_EXERCISE DESCRIPTION_
Please return each record exactly, leaving nothing out.

_SOURCE INFORMATION_
>>>>

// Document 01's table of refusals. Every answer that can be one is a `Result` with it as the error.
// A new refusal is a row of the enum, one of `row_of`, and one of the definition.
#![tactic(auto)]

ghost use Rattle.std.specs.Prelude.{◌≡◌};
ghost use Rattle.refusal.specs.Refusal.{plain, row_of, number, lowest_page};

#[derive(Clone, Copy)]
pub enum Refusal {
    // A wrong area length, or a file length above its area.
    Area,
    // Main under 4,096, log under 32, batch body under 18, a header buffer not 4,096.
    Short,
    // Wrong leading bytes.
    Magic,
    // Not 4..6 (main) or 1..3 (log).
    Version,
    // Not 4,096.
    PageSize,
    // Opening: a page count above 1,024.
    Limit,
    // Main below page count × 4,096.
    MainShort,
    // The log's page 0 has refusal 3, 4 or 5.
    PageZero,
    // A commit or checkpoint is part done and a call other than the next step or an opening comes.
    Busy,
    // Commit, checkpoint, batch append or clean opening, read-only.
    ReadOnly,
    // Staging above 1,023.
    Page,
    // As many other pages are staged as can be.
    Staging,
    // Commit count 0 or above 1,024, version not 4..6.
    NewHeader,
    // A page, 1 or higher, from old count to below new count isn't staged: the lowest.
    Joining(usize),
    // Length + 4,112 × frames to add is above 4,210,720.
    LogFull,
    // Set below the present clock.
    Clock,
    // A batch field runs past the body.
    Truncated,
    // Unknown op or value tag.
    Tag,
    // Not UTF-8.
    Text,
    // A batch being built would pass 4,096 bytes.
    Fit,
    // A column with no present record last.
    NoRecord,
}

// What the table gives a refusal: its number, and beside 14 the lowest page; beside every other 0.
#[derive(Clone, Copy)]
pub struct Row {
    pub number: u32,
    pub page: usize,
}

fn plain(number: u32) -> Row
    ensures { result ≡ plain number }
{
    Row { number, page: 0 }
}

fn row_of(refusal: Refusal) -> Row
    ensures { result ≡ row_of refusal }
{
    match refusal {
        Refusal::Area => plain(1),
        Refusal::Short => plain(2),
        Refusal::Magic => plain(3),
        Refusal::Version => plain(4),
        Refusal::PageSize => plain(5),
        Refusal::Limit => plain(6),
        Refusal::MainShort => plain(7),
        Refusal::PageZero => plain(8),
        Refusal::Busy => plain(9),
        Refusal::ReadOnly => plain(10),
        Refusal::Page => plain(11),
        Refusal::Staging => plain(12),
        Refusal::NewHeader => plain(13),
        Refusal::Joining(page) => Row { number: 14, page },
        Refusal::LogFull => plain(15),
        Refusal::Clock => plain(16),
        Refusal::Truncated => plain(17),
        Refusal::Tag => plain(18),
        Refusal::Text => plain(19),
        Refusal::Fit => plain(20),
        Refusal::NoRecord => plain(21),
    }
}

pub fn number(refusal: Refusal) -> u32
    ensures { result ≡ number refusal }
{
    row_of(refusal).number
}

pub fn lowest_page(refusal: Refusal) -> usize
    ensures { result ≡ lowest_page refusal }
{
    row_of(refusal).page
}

<<<<

_WRITTEN SOLUTION_
// Document 01's table of refusals. Every answer that can be one is a `Result` with it as the error.
// A new refusal is a row of the enum, one of `row_of`, and one of the definition.
#![tactic(auto)]

ghost use Rattle.std.specs.Prelude.{◌≡◌};
ghost use Rattle.refusal.specs.Refusal.{plain, row_of, number, lowest_page};

#[derive(Clone, Copy)]
pub enum Refusal {
    // A wrong area length, or a file length above its area.
    Area,
    // Main under 4,096, log under 32, batch body under 18, a header buffer not 4,096.
    Short,
    // Wrong leading bytes.
    Magic,
    // Not 4..6 (main) or 1..3 (log).
    Version,
    // Not 4,096.
    PageSize,
    // Opening: a page count above 1,024.
    Limit,
    // Main below page count × 4,096.
    MainShort,
    // The log's page 0 has refusal 3, 4 or 5.
    PageZero,
    // A commit or checkpoint is part done and a call other than the next step or an opening comes.
    Busy,
    // Commit, checkpoint, batch append or clean opening, read-only.
    ReadOnly,
    // Staging above 1,023.
    Page,
    // As many other pages are staged as can be.
    Staging,
    // Commit count 0 or above 1,024, version not 4..6.
    NewHeader,
    // A page, 1 or higher, from old count to below new count isn't staged: the lowest.
    Joining(usize),
    // Length + 4,112 × frames to add is above 4,210,720.
    LogFull,
    // Set below the present clock.
    Clock,
    // A batch field runs past the body.
    Truncated,
    // Unknown op or value tag.
    Tag,
    // Not UTF-8.
    Text,
    // A batch being built would pass 4,096 bytes.
    Fit,
    // A column with no present record last.
    NoRecord,
}

// What the table gives a refusal: its number, and beside 14 the lowest page; beside every other 0.
#[derive(Clone, Copy)]
pub struct Row {
    pub number: u32,
    pub page: usize,
}

fn plain(number: u32) -> Row
    ensures { result ≡ plain number }
{
    Row { number, page: 0 }
}

fn row_of(refusal: Refusal) -> Row
    ensures { result ≡ row_of refusal }
{
    match refusal {
        Refusal::Area => plain(1),
        Refusal::Short => plain(2),
        Refusal::Magic => plain(3),
        Refusal::Version => plain(4),
        Refusal::PageSize => plain(5),
        Refusal::Limit => plain(6),
        Refusal::MainShort => plain(7),
        Refusal::PageZero => plain(8),
        Refusal::Busy => plain(9),
        Refusal::ReadOnly => plain(10),
        Refusal::Page => plain(11),
        Refusal::Staging => plain(12),
        Refusal::NewHeader => plain(13),
        Refusal::Joining(page) => Row { number: 14, page },
        Refusal::LogFull => plain(15),
        Refusal::Clock => plain(16),
        Refusal::Truncated => plain(17),
        Refusal::Tag => plain(18),
        Refusal::Text => plain(19),
        Refusal::Fit => plain(20),
        Refusal::NoRecord => plain(21),
    }
}

pub fn number(refusal: Refusal) -> u32
    ensures { result ≡ number refusal }
{
    row_of(refusal).number
}

pub fn lowest_page(refusal: Refusal) -> usize
    ensures { result ≡ lowest_page refusal }
{
    row_of(refusal).page
}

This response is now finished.